A couple of weeks ago, I gave my first ever talk at a security conference and had a great time at the Las Vegas B-sides conference (BsidesLV). I had a great time there, met some great people there. This note gives an overview of how it went, and gives a little information on how I give fun talks.
My talk was the first talk of the first day (11 AM) in the BreakingGround track. That track featured all the newest technology of the conference, and was a way cool bunch of talks. Of course, I hadn’t really thought about the fact that in Las Vegas that 11 AM was really early in the morning. As someone who missed it said to me “Man, the sun was still up”. I’m pretty sure the sun was up for all the talks ;-).
In spite of what was an early slot by Las Vegas standards, I had 80-100 people attending my talk. I got a number of good questions from the audience, and from the people I talked to afterwards lots of them really loved the talk. All in all it was a great first outing at a security conference. I also heard a number of other great talks including Cheryl Biswas‘ fun talk on how to rob a bank. Like I do at many conferences, I spent a lot of time in the hallway track – meeting and learning about lots of great people at the conference.
How I give fun talks
Most of my talks are about software that I’ve been involved in one way or another. When I build software, I intend for it to do things that seem impossible. If everyone can do this, why bother building boring software that does what everyone can do? I start off my talks with all the statements about what it does, making bold but true claims, I often get a skeptical reaction. This is exactly what I’m looking for. Depending on the audience, I’ll even ask them if I’m full of it. Typically I get a third of the audience or so to raise their hands. When that happens, I know that we’re doing something interesting, and that they’re paying attention. I then tell them “Good, now I can tell you’re paying attention!”.

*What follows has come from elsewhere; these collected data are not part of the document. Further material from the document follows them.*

//! Laws of the definitions, apart from all code. Each is a function that does nothing, and its clauses say the law.

ghost use Rattle.std.specs.Prelude.{◌≡◌, ℕ, ◌+◌, ◌*◌, ◌%◌, ◌^◌, ◌<◌, ◌≢◌, ◌↔◌, List, [], ◌∷◌, ◌++◌, IsPermutation};
ghost use Rattle.std.specs.Int.{bit_at};
ghost use Rattle.std.specs.List.{sum_by, range_with_len};
ghost use Rattle.ribbon_core.specs.Equations.{Equation, AreAdded, IsBelow, IsContradicted, IsSolvable, Least, SolvesAll, sum_of};

/// An equation's sum is the textbook's: column by column, the coefficient's bit times the column, added up modulo 2.
pub fn sum_is_over_columns()
    ensures { (width : ℕ) (e : Equation) (Z : ℕ) → e.coeff < 2 ^ width
        → sum_of e Z ≡ sum_by (λ j. bit_at e.coeff j * bit_at Z (e.start + j)) (range_with_len 0 width) % 2 }
{}

/// Of two vectors, the one below has a zero at the highest column where they differ. As a number it is the lesser one.
pub fn below_at_the_highest()
    ensures highest { (Z Y c : ℕ) → bit_at Z c ≢ bit_at Y c → ((d : ℕ) → c < d → bit_at Z d ≡ bit_at Y d) → IsBelow Z Y ↔ (bit_at Z c ≡ 0) }
    ensures lesser { (Z Y : ℕ) → IsBelow Z Y ↔ (Z < Y) }
{}

/// The equations of a plane have one least solution at most.
pub fn least_is_unique()
    ensures { (plane : ℕ) (es : List Equation) (Y Z : ℕ) → Least plane es Y → Least plane es Z → Y ≡ Z }
{}

/// After any list of adds that were not refused, in any order, the kept equations have the solutions of all equations
/// added, and so the same least one; and a refusal comes exactly where in some plane these and the new one have none.
pub fn kept_are_the_added()
    ensures solutions { (es kept : List Equation) → AreAdded [] es kept → (plane Z : ℕ) → SolvesAll plane kept Z ↔ SolvesAll plane es Z }
    ensures least { (es fs kept : List Equation) → AreAdded [] es kept → IsPermutation es fs → (plane Z : ℕ)
        → Least plane kept Z ↔ Least plane fs Z }
    ensures refused { (planes : ℕ) (es kept : List Equation) (e : Equation) → AreAdded [] es kept
        → IsContradicted planes kept e ↔ ((plane : ℕ) × (plane < planes) × (IsSolvable plane (es ++ e ∷ []) → ⊥)) }
{}
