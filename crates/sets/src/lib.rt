// A set of E-RAB IDs, 0 to 15, as a 16-bit number: bit k is set where ID k is in the set.
#![tactic(auto)]

ghost use Rattle.std.specs.Prelude.{◌≡◌};
ghost use Rattle.sets.specs.Sets.{member, add, union, disjoint, within};

// Whether an ID is in a set. None above 15 is.
pub fn member(set: u16, id: u8) -> bool
    ensures { result ≡ member set id }
{
    id < 16 && (set >> id) % 2 == 1
}

// A set with an ID more. An ID above 15 is not added.
pub fn add(set: u16, id: u8) -> u16
    ensures { result ≡ add set id }
{
    if id < 16 { set | (1 << id) } else { set }
}

// The IDs that are in one set or the other.
pub fn union(a: u16, b: u16) -> u16
    ensures { result ≡ union a b }
{
    a | b
}

// Whether no ID is in both sets.
pub fn disjoint(a: u16, b: u16) -> bool
    ensures { result ≡ disjoint a b }
{
    a & b == 0
}

// Whether each ID of the first set is in the second.
pub fn within(a: u16, b: u16) -> bool
    ensures { result ≡ within a b }
{
    a & b == a
}
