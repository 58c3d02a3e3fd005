//! The items of a command: each is `--name=VALUE`, or `--name` and then the VALUE.
ghost use Rattle.std.specs.Prelude.{◌≡◌, ◌<◌, ◌≤◌, Some, None, Bool, true, false, option_map, drop, length, IfSome, OnSome, IfNone};
ghost use Rattle.std.specs.List.{list_any, before_first, after_first};
ghost use Rattle.std.specs.Option.{option_and_then, option_copied};
ghost use Rattle.pl_inputs.specs.Words.{is_equals, is_among, given_by, beside, items_of, items_behind, value_if_given, value_in};
ghost use Rattle.pl_inputs.specs.Met.{texts, given};

/// The words behind a command, which takes items of these names.
#[derive(Clone, Copy, Debug)]
pub struct Items<'w, 'a> {
    pub names: &'w [&'static str],
    pub words: &'w [&'a str],
}

// An item, and how many words it has.
#[derive(Clone, Copy, Debug)]
struct Item<'a> {
    name: &'a str,
    value: &'a str,
    words: usize,
}

impl<'a> Items<'_, 'a> {
    /// The value of the one item with this name. None where it is not there or a second one is, and where
    /// the words are no items of the command.
    pub fn value(&self, name: &str) -> Option<&'a str>
        ensures { option_copied result ≡ option_and_then (value_in name.now)
            (items_of (texts self.now.names.now) (texts self.now.words.now)) }
    {
        self.value_if_given(name)?
    }

    /// The same of an item that need not be there: `Some(None)` where it is not.
    pub fn value_if_given(&self, name: &str) -> Option<Option<&'a str>>
        ensures { option_map option_copied result ≡ option_and_then (value_if_given name.now)
            (items_of (texts self.now.names.now) (texts self.now.words.now)) }
    {
        let mut found = None;
        let mut at = 0;
        while at < self.words.len() {
            let item = first_item(self.names, &self.words[at..])?;
            if item.name == name {
                if found.is_some() {
                    return None;
                }
                found = Some(item.value);
            }
            at += item.words;
        }
        Some(found)
    }
}

// The first item of these words.
#[tactic(auto, unfolding(crate::specs::Words::items_of, crate::specs::Words::given_in))]
fn first_item<'a>(names: &[&str], words: &[&'a str]) -> Option<Item<'a>>
    ensures found { IfSome result (λ item. items_of (texts names.now) (texts words.now)
        ≡ beside (Some (given item)) (items_of (texts names.now) (drop item.words (texts words.now)))) }
    ensures some_words { IfSome result (λ item. 0 < item.words) }
    ensures within { IfSome result (λ item. item.words ≤ length words.now) }
    ensures none { IfNone result (0 < length words.now → items_of (texts names.now) (texts words.now) ≡ None) }
{
    let (word, behind) = words.split_first()?;
    match parted(word) {
        Some((name, value)) => Item::of(names, name, value, 1),
        None => item_behind(names, word, behind),
    }
}

// The item of this name, whose value is the first of these words.
#[tactic(auto, unfolding(crate::specs::Words::items_behind))]
fn item_behind<'a>(names: &[&str], name: &'a str, words: &[&'a str]) -> Option<Item<'a>>
    ensures found { IfSome result (λ item. items_behind (texts names.now) name.now (texts words.now)
        ≡ beside (Some (given item)) (items_of (texts names.now) (drop 1 (texts words.now)))) }
    ensures words { IfSome result (λ item. item.words ≡ 2) }
    ensures within { OnSome result (0 < length words.now) }
    ensures none { IfNone result (items_behind (texts names.now) name.now (texts words.now) ≡ None) }
{
    let value = words.first()?;
    if value.starts_with('-') {
        return None;
    }
    Item::of(names, name, value, 2)
}

// What stands before and behind the first `=`.
#[tactic(auto, using(crate::proofs::Parted::any_before_end, crate::proofs::Parted::none_at_end))]
fn parted(word: &str) -> Option<(&str, &str)>
    ensures found { IfSome result (λ parts. (parts.0.now ≡ before_first is_equals word.now)
        × (parts.1.now ≡ after_first is_equals word.now)) }
    ensures some { OnSome result (list_any is_equals word.now ≡ true) }
    ensures none { IfNone result (list_any is_equals word.now ≡ false) }
{
    word.split_once('=')
}

impl<'a> Item<'a> {
    // None where the command has no such item, or its value is empty.
    #[tactic(auto, unfolding(crate::specs::Words::given_by))]
    fn of(names: &[&str], name: &'a str, value: &'a str, words: usize) -> Option<Item<'a>>
        ensures given { option_map given result ≡ given_by (texts names.now) name.now value.now }
        ensures words { IfSome result (λ item. item.words ≡ words) }
    {
        if value.is_empty() || !is_among(names, name) {
            return None;
        }
        Some(Item { name, value, words })
    }
}

fn is_among(names: &[&str], name: &str) -> bool
    ensures { result ≡ is_among (texts names.now) name.now }
{
    names.contains(&name)
}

This works from several perspectives. By making strong claims at the beginning, and warning the audience that they should expect to be skeptical, then it adds to the drama, and draws the audience into the talk, while reassuring them that you know you’re making bold claims.
At the BsidesLV conference, like a lot of recent conferences, I also tossed out stress-ball tomatoes and eggs to the audience – since most places wouldn’t let them bring in rotten tomatoes and eggs to pelt speakers with ;-). Then I instruct the audience that they should use them if the think I haven’t justified my claims (i.e., that I’m “full of it”).
It’s great fun, and definitely wakes up the audience. On one conference a year or so ago, I got hit by an egg from the audience. It wasn’t because I hadn’t justified my claims – it was rather the perfect reaction to having hammed it up with a bit of fun faux-arrogance. The audience and I all got some uproarious laughter out of it. It was perfect – and fun.
It’s been my experience that when I have fun giving my talk, the audience has fun and learns more too. So if you want to give successful talks, my advice to you is make it fun for everyone. Then a great time will be had by all.